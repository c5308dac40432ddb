//! Normals: linear functions of quadratic forms.

ghost use Rattle.std.specs.Prelude.{◌≡◌, ◌≤◌, ◌^◌, ℤ, List, length};
ghost use Rattle.std.specs.List.{All};
ghost use Rattle.lt_model.specs.Vectors.{dot};
ghost use Rattle.lt_model.specs.Forms.{numbers_of_form};
ghost use Rattle.lt_lattice.specs.Ranges.{IsBelow, IsFormLength};

use crate::forms::Form;
use crate::numbers::{collected, inner_product, variables};
use arrayvec::ArrayVec;
use std::marker::Model;

/// A linear function of the forms in 2 to 6 variables: `d (d + 1) / 2` numbers in the order of a form's numbers,
/// each below 2^80 in absolute value. Its value at a form is the sum of the products of equal places.
#[derive(Drop, PartialEq, Eq, PartialOrd, Ord)]
pub struct Normal {
    numbers: ArrayVec<i128, 21>,
}

impl Model for Normal {
    ghost Value = { List ℤ };

    ghost view = { λ n. n.numbers.items };

    ghost invariant = { λ n. IsFormLength (length n.numbers.items) × All (IsBelow (2 ^ 80)) n.numbers.items };

    ghost inverse = { λ x. record { numbers = record { items = x } } };
}

impl Normal {
    /// The normal of forms in `d` variables with these `d (d + 1) / 2` numbers, each below 2^80 in absolute value.
    pub fn of(d: u8, numbers: &[i128]) -> Normal
        requires low { 2 ≤ d }
        requires high { d ≤ 6 }
        requires count { length numbers.now ≡ numbers_of_form d }
        requires below { All (IsBelow (2 ^ 80)) numbers.now }
        ensures { result ≡ numbers.now }
    {
        Normal {
            numbers: collected(numbers),
        }
    }

    /// The same normal.
    pub fn copy(&self) -> Normal
        ensures { result ≡ self.now }
    {
        Normal::of(self.dimension(), self.numbers())
    }

    /// The numbers, in the order of a form's numbers.
    pub fn numbers(&self) -> &[i128]
        ensures value { result.now ≡ self.now }
        ensures few { length self.now ≤ 21 }
        ensures below { All (IsBelow (2 ^ 80)) self.now }
    {
        self.numbers.as_slice()
    }

    /// The number of variables of the forms.
    pub fn dimension(&self) -> u8
        ensures value { length self.now ≡ numbers_of_form result }
        ensures low { 2 ≤ result }
        ensures high { result ≤ 6 }
    {
        variables(self.numbers.len())
    }
}

/// The value N(Q) of the normal at the form. Each number of the normal is below 2^56 in absolute value,
/// each of the form below 2^64.
pub fn pair(normal: &Normal, q: &Form) -> i128
    requires same { length normal.now ≡ length q.now }
    requires normal_below { All (IsBelow (2 ^ 56)) normal.now }
    requires form_below { All (IsBelow (2 ^ 64)) q.now }
    ensures { result ≡ dot normal.now q.now }
{
    inner_product(normal.numbers(), q.numbers())
}
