//! Points of whole coordinates.

ghost use Rattle.std.specs.Prelude.{◌≡◌, ◌<◌, ◌≤◌, ◌^◌, ℤ, pos, List, length, take, get_or, IsTrue, IsSome, IfSome, ◌↔◌};
ghost use Rattle.std.specs.List.{All};
ghost use Rattle.lt_model.specs.Vectors.{plus, minus, zeros};
ghost use Rattle.lt_lattice.specs.Ranges.{IsWithin};
ghost use Rattle.lt_lattice.specs.Points.{filled};

use std::cmp::Ordering;
use std::marker::Model;

/// The greatest absolute value of a coordinate: 2^20.
const GREATEST: i32 = 1 << 20;

/// A point of 2 to 6 whole coordinates, each at most 2^20 in absolute value. It is a few words that are copied at once.
#[derive(Drop)]
pub struct Point {
    dimension: usize,
    /// The coordinates, then zeros.
    places: [i32; 6],
}

impl Model for Point {
    ghost use Rattle.std.specs.Prelude.{List, ℤ, take};
    ghost use Rattle.lt_lattice.specs.Points.{IsPoint};

    ghost Value = { List ℤ };

    ghost view = { λ p. take p.dimension p.places };

    ghost invariant = { λ p. IsPoint p.dimension p.places };
}

impl Point {
    /// The point with these 2 to 6 coordinates, each at most 2^20 in absolute value.
    pub fn of(coords: &[i64]) -> Point
        requires low { 2 ≤ length coords.now }
        requires high { length coords.now ≤ 6 }
        requires within { All (IsWithin (2 ^ 20)) coords.now }
        ensures { result ≡ coords.now }
    {
        let mut places = [0i32; 6];
        for i in 0..coords.len() {
            places[i] = coords[i] as i32;
        }
        Point {
            dimension: coords.len(),
            places,
        }
    }

    /// The point 0 of `d` coordinates.
    pub fn origin(d: u8) -> Point
        requires low { 2 ≤ d }
        requires high { d ≤ 6 }
        ensures { result ≡ zeros d }
    {
        Point {
            dimension: usize::from(d),
            places: [0; 6],
        }
    }

    /// The same point.
    pub fn copy(&self) -> Point
        ensures { result ≡ self.now }
    {
        Point {
            dimension: self.dimension,
            places: self.places,
        }
    }

    /// The number of coordinates.
    pub fn dimension(&self) -> u8
        ensures value { result ≡ length self.now }
        ensures low { 2 ≤ result }
        ensures high { result ≤ 6 }
    {
        self.dimension as u8
    }

    /// The coordinate at place `i`, counted from 0.
    pub fn coord(&self, i: usize) -> i64
        requires { i < length self.now }
        ensures value { result ≡ get_or self.now i (pos 0) }
        ensures within { IsWithin (2 ^ 20) result }
    {
        i64::from(self.coords()[i])
    }

    /// The coordinates in order.
    pub fn coords(&self) -> &[i32]
        ensures value { result.now ≡ self.now }
        ensures low { 2 ≤ length self.now }
        ensures high { length self.now ≤ 6 }
        ensures within { All (IsWithin (2 ^ 20)) self.now }
    {
        &self.places[..self.dimension]
    }

    /// The sum, or None where a coordinate would pass 2^20 in absolute value.
    pub fn plus(&self, other: &Point) -> Option<Point>
        requires { length self.now ≡ length other.now }
        ensures value { IfSome result (λ p. p ≡ plus self.now other.now) }
        ensures within { IsSome result ↔ All (IsWithin (2 ^ 20)) (plus self.now other.now) }
    {
        checked(self.dimension, sums(&self.places, &other.places))
    }

    /// The difference, or None where a coordinate would pass 2^20 in absolute value.
    pub fn minus(&self, other: &Point) -> Option<Point>
        requires { length self.now ≡ length other.now }
        ensures value { IfSome result (λ p. p ≡ minus self.now other.now) }
        ensures within { IsSome result ↔ All (IsWithin (2 ^ 20)) (minus self.now other.now) }
    {
        checked(self.dimension, differences(&self.places, &other.places))
    }
}

impl Default for Point {
    /// The point 0 of the plane.
    fn default() -> Self {
        Point::origin(2)
    }
}

impl PartialEq for Point {
    ghost use Rattle.std.specs.Cmp.Lexicographic.{pointwise};
    ghost use Rattle.std.specs.Ordering.{int_eq};
    ghost use Rattle.std.specs.Cmp.Rules.{comparing};
    ghost use Rattle.std.specs.Prelude.{◌≡◌, ◌↔◌, IsTrue};
    ghost use Rattle.std.proofs.Common.{rules};

    ghost eq = { pointwise int_eq };

    ghost laws = { Prim.search (comparing, rules) };

    /// Whether the coordinates are the same.
    fn eq(&self, other: &Point) -> bool
        ensures value { result ≡ pointwise int_eq self.now other.now }
        ensures same { IsTrue result ↔ (self.now ≡ other.now) }
    {
        self.coords() == other.coords()
    }
}

impl Eq for Point {
    ghost use Rattle.std.specs.Cmp.Rules.{comparing};
    ghost use Rattle.std.proofs.Common.{rules};

    ghost laws = { Prim.search (comparing, rules) };
}

impl PartialOrd for Point {
    ghost use Rattle.std.specs.declared.option.Option.TheVariants.{Some};
    ghost use Rattle.std.specs.Cmp.Lexicographic.{lists_total, lists_ties};
    ghost use Rattle.std.specs.Cmp.{po, int_cmp_total};
    ghost use Rattle.std.specs.Ordering.{int_cmp};
    ghost use Rattle.std.proofs.Common.{refl};
    ghost use Rattle.lt_model.specs.Order.{number_list_cmp};

    ghost partial_cmp = { λ p q. Some (number_list_cmp p q) };

    ghost laws = { po (lists_total int_cmp_total) (lists_ties int_cmp (λ x y. refl)) };

    fn partial_cmp(&self, other: &Point) -> Option<Ordering> {
        Some(self.cmp(other))
    }
}

impl Ord for Point {
    ghost use Rattle.std.specs.Cmp.Lexicographic.{lists_total, lists_ties};
    ghost use Rattle.std.specs.Cmp.{int_cmp_total};
    ghost use Rattle.std.specs.Ordering.{int_cmp};
    ghost use Rattle.std.proofs.Common.{refl};
    ghost use Rattle.lt_model.specs.Order.{number_list_cmp};

    ghost cmp = { number_list_cmp };

    ghost total = { lists_total int_cmp_total };

    ghost matches_partial_cmp = { λ x y. refl };

    ghost matches_eq = { lists_ties int_cmp (λ x y. refl) };

    /// The order of the lists of coordinates.
    fn cmp(&self, other: &Point) -> Ordering
        ensures { result ≡ number_list_cmp self.now other.now }
    {
        self.coords().cmp(other.coords())
    }
}

/// The sums of equal places.
fn sums(a: &[i32; 6], b: &[i32; 6]) -> [i32; 6]
    requires left { All (IsWithin (2 ^ 20)) a.now }
    requires right { All (IsWithin (2 ^ 20)) b.now }
    ensures { result ≡ plus a.now b.now }
{
    let mut all = [0i32; 6];
    for i in 0..6 {
        all[i] = a[i] + b[i];
    }
    all
}

/// The differences of equal places.
fn differences(a: &[i32; 6], b: &[i32; 6]) -> [i32; 6]
    requires left { All (IsWithin (2 ^ 20)) a.now }
    requires right { All (IsWithin (2 ^ 20)) b.now }
    ensures { result ≡ minus a.now b.now }
{
    let mut all = [0i32; 6];
    for i in 0..6 {
        all[i] = a[i] - b[i];
    }
    all
}

/// Whether each number is at most 2^20 in absolute value.
fn are_coordinates(numbers: &[i32; 6]) -> bool
    ensures { IsTrue result ↔ All (IsWithin (2 ^ 20)) numbers.now }
{
    for number in numbers {
        if *number < -GREATEST || *number > GREATEST {
            return false;
        }
    }
    true
}

/// The point with these coordinates and zeros behind them, or None where one of them is too great.
fn checked(dimension: usize, places: [i32; 6]) -> Option<Point>
    requires low { 2 ≤ dimension }
    requires high { dimension ≤ 6 }
    requires padded { places ≡ filled 6 (take dimension places) }
    ensures value { IfSome result (λ p. p ≡ take dimension places) }
    ensures within { IsSome result ↔ All (IsWithin (2 ^ 20)) (take dimension places) }
{
    if are_coordinates(&places) {
        Some(Point { dimension, places })
    } else {
        None
    }
}

/// The point with these coordinates, or None where one of them is too great.
pub fn narrowed(numbers: &[i128]) -> Option<Point>
    requires low { 2 ≤ length numbers.now }
    requires high { length numbers.now ≤ 6 }
    ensures value { IfSome result (λ p. p ≡ numbers.now) }
    ensures within { IsSome result ↔ All (IsWithin (2 ^ 20)) numbers.now }
{
    let mut places = [0i32; 6];
    for i in 0..numbers.len() {
        if numbers[i] < -(GREATEST as i128) || numbers[i] > GREATEST as i128 {
            return None;
        }
        places[i] = numbers[i] as i32;
    }
    Some(Point {
        dimension: numbers.len(),
        places,
    })
}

▶ Activity:
Working from the entries above, filter out every line that lacks "checked" and copy what remains.

▶ Your response:
        checked(self.dimension, sums(&self.places, &other.places))
        checked(self.dimension, differences(&self.places, &other.places))
fn checked(dimension: usize, places: [i32; 6]) -> Option<Point>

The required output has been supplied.